- Len Waters Estate Location in metropolitan Sydney
- Country: Australia
- State: New South Wales
- City: Sydney
- LGA: City of Liverpool;
- Location: 39 km (24 mi) SW of Sydney;
- Established: 2009

Government
- • State electorate: Liverpool;
- • Federal division: Werriwa;
- Postcode: 2171
Suburbs around Len Waters Estate
| Cecil Park | Elizabeth Hills | Green Valley |
| Middleton Grange | Len Waters Estate | Hinchinbrook |
| West Hoxton | Hoxton Park | Prestons |

= Len Waters Estate =

Len Waters Estate is a small industrial estate of Sydney, in the state of New South Wales, Australia.
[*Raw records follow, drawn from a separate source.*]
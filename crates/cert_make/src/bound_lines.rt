ghost use Rattle.std.specs.Prelude.{◌≡◌, ◌≤◌, ℕ, IfOk, IfErr, OnOk, length, slice_index};
ghost use Rattle.std.specs.Cmp.Lexicographic.{slice_cmp};
ghost use Rattle.std.specs.Ordering.{nat_cmp};
ghost use Rattle.net_values.specs.FlatNets.{net_of};
ghost use Rattle.net_values.specs.PlaceSets.{has};
ghost use Rattle.net_values.specs.TheList.{IsTheList};
ghost use Rattle.net_values.specs.declared.limits.TheConstants.{MAX_PLACES};
ghost use Rattle.incidence.specs.Matrix.{incidence_of};
ghost use Rattle.incidence.specs.Semiflow.{all_columns};
ghost use Rattle.semiflow_elim.specs.Bases.{IsMinimalRow};
ghost use Rattle.bounds.specs.Listed.{AreNarrowRows, NameFirstRows};
ghost use Rattle.certificates.specs.Conditions.{IsAccepted};
ghost use Rattle.certificates.specs.WellFormed.{IsWellFormed};
ghost use Rattle.cert_make.specs.BoundCertificates.{bounds_certificate, claims_below, is_named};
ghost use Rattle.cert_make.specs.BoundCertificates.{AreNarrowFlows, AreWithin, FailsToCertify};

use crate::fault::BoundCertFault;
use crate::flows::named_flows;
use bounds::Bounds;
use certificates::{BoundLines, Certificate, Claim, Claims};
use net_values::{CopyList, FlatNet, NoMemory, Rows};
use std::alloc::Global;

/// The certificate of the least bounds of a net, by its list of minimal semiflows. The flows are the rows that
/// the bounds name, ascending; the claims are all bounded places, ascending, each with its least bound and the
/// number of its row among the flows, from 1. `WideCheck` comes exactly where a named row has a sum above
/// 2^127 - 1 at some column: the first such row, then its first such column.
pub fn bound_certificate(
    alloc: Global,
    net: &FlatNet,
    rows: &Rows,
    bounds: &Bounds,
) -> Result<Certificate, BoundCertFault>
    requires list { IsTheList (slice_cmp nat_cmp) (IsMinimalRow (incidence_of (net_of net.now)) all_columns) rows.now }
    requires places { length bounds.now ≡ (net_of net.now).places }
    requires first { NameFirstRows (net_of net.now) rows.now bounds.now }
    requires narrow { AreNarrowRows (net_of net.now) rows.now (length rows.now) }
    ensures exact { IfOk result (λ certificate. certificate ≡ bounds_certificate rows.now bounds.now) }
    ensures well_formed { IfOk result IsWellFormed }
    ensures accepted { IfOk result (IsAccepted (net_of net.now)) }
    ensures narrow { OnOk result (AreNarrowFlows (net_of net.now) rows.now (is_named bounds.now) (length rows.now)) }
    ensures fault { IfErr result (FailsToCertify (net_of net.now) rows.now (is_named bounds.now)) }
{
    let named = named_rows(alloc, net, rows.len(), bounds)?;
    let mut numbers = CopyList::new(alloc);
    let flows = named_flows(alloc, net, rows, named.as_slice(), &mut numbers)?;
    let claims = claims_by(alloc, bounds, numbers.as_slice())?;
    Ok(Certificate::Bounds(BoundLines { flows, claims }))
}

/// Which of this many rows the bounds name.
fn named_rows(
    alloc: Global,
    net: &FlatNet,
    rows: usize,
    bounds: &Bounds,
) -> Result<Vec<bool>, NoMemory>
    requires places { length bounds.now ≡ (net_of net.now).places }
    requires within { AreWithin rows bounds.now }
    ensures limit { (net_of net.now).places ≤ MAX_PLACES }
    ensures size { IfOk result (λ named. length named.items ≡ rows) }
    ensures exact { IfOk result (λ named. (k : ℕ) → has named.items k ≡ is_named bounds.now k) }
{
    let places = net.places();
    let mut named = vec![in alloc; false; rows]?;
    for p in 0..places {
        if let Some((_bound, row)) = bounds.get(p) {
            named[row] = true;
        }
    }
    Ok(named)
}

/// The claims of the bounded places, by the numbers of the rows.
fn claims_by(alloc: Global, bounds: &Bounds, numbers: &[u32]) -> Result<Claims, NoMemory>
    requires within { AreWithin (length numbers.now) bounds.now }
    requires places { length bounds.now ≤ MAX_PLACES }
    ensures { IfOk result (λ claims. claims ≡ claims_below (slice_index numbers.now) bounds.now (length bounds.now)) }
{
    let mut claims = Claims::new(alloc);
    for p in 0..bounds.places() {
        if let Some((bound, row)) = bounds.get(p) {
            claims.push(Claim {
                place: p as u32,
                bound,
                flow: numbers[row],
            })?;
        }
    }
    Ok(claims)
}
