ghost use Rattle.std.specs.Prelude.{IfOk, IfErr, OnOk};
ghost use Rattle.net_values.specs.FlatNets.{net_of};
ghost use Rattle.closed_sets.specs.Commoner.{MeetsCommoner};
ghost use Rattle.siphon_branch.specs.Faults.{FailsToList};
ghost use Rattle.siphon_branch.specs.Limits.{HasAtMostGrown};
ghost use Rattle.certificates.specs.Claims.{IsForCommoner};
ghost use Rattle.certificates.specs.Conditions.{IsAccepted};
ghost use Rattle.certificates.specs.WellFormed.{IsWellFormed};

use crate::tree::Tree;
use certificates::Certificate;
use net_values::FlatNet;
use siphon_branch::SetFault;
use std::alloc::Global;

/// A tree of classes that has a marked trap for every siphon of a net that meets Commoner's condition. It
/// follows the growth of siphons: the sets that the classes of its `trap` lines contain are the grown siphons,
/// each once. `SetLimit` comes exactly where these are more than `sets`, with `sets + 1` of them.
pub fn commoner_certificate(
    alloc: Global,
    net: &FlatNet,
    sets: u32,
) -> Result<Certificate, SetFault>
    requires { MeetsCommoner (net_of net.now) }
    ensures tree { IfOk result IsForCommoner }
    ensures well_formed { IfOk result IsWellFormed }
    ensures accepted { IfOk result (IsAccepted (net_of net.now)) }
    ensures few { OnOk result (HasAtMostGrown (net_of net.now) sets) }
    ensures fault { IfErr result (FailsToList (net_of net.now) sets) }
{
    let mut tree = Tree::start(alloc, net)?;
    'siphons: while let Some(class) = tree.classes.pop() {
        tree.descend(alloc, net, class)?;
        if tree.met.len() > sets as usize {
            return Err(SetFault::SetLimit(tree.met));
        }
    }
    Ok(Certificate::Commoner(tree.lines))
}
Len Waters Estate is located 39 kilometres south-west of the Sydney central business district, in the local government area of the City of Liverpool.

==Background==
The estate was named in honour of Len Waters, the first Aboriginal Australian military aviator. Along with Elizabeth Hills, Len Waters Estate used to be part of a greater Cecil Hills until being developed by Mirvac. Len Waters Estate occupies land formerly part of Hoxton Park Airport. This small industrial suburb mostly consists of two distribution centres, a Transit Systems bus depot and a Bunnings hardware store.